— Your task —
Among the lines below, list those containing the string "writer".

+++ Supplied data +++

//! The subcommand `dump`: all that a running service has, as an opening.

use crate::asking::{as_arg, asked, local};
use crate::running::{TURNS, port_arg};
use crate::texts::{DUMP_ABOUT, DUMP_HELP};
use album_ask::{Asking, dump};
use clap::{ArgMatches, Command};
use std::alloc::{AllocError, Global};
use std::io::Write;
use std::net::{Net, TcpListener, TcpStream};
use std::process::ExitCode;

/// The subcommand `dump`, with its arguments.
///
/// # Errors
///
/// `AllocError`, where there is no memory for it.
pub(crate) fn dump_command<'a>(alloc: Global) -> Result<Command<'a>, AllocError> {
    Command::new(alloc, "dump")
        .about(DUMP_ABOUT)
        .after_help(DUMP_HELP)
        .arg(port_arg(alloc))?
        .arg(as_arg(alloc))
}

/// Writes what the service at the port has. The status is 1 where it isn't there, refuses the principal or the dump, or
/// goes away before the end.
pub(crate) fn dump_service<T, W: Write>(
    rt: &T,
    alloc: Global,
    writer: &mut W,
    matches: &ArgMatches<'_>,
) -> ExitCode
where
    T: Net<Listener = TcpListener, Stream = TcpStream> + Eprint,
{
    let named = matches.subcommand_matches("dump");
    let port = named.and_then(|m| m.get_one::<u16>("PORT")).unwrap_or(0);
    let asking = Asking {
        who: named.and_then(|m| m.get_str("as")).unwrap_or(""),
        is_spelled: false,
        has_prompt: false,
        turns: TURNS,
    };
    match TcpStream::connect(rt, local(port)) {
        Err(error) => {
            let _ = eprintln!(rt; "album: port {port}: {error}");
            ExitCode::from(1)
        }
        Ok(mut service) => asked(rt, asking.who, dump(alloc, writer, &mut service, asking)),
    }
}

+++

— Solved exercise —
    writer: &mut W,
        Ok(mut service) => asked(rt, asking.who, dump(alloc, writer, &mut service, asking)),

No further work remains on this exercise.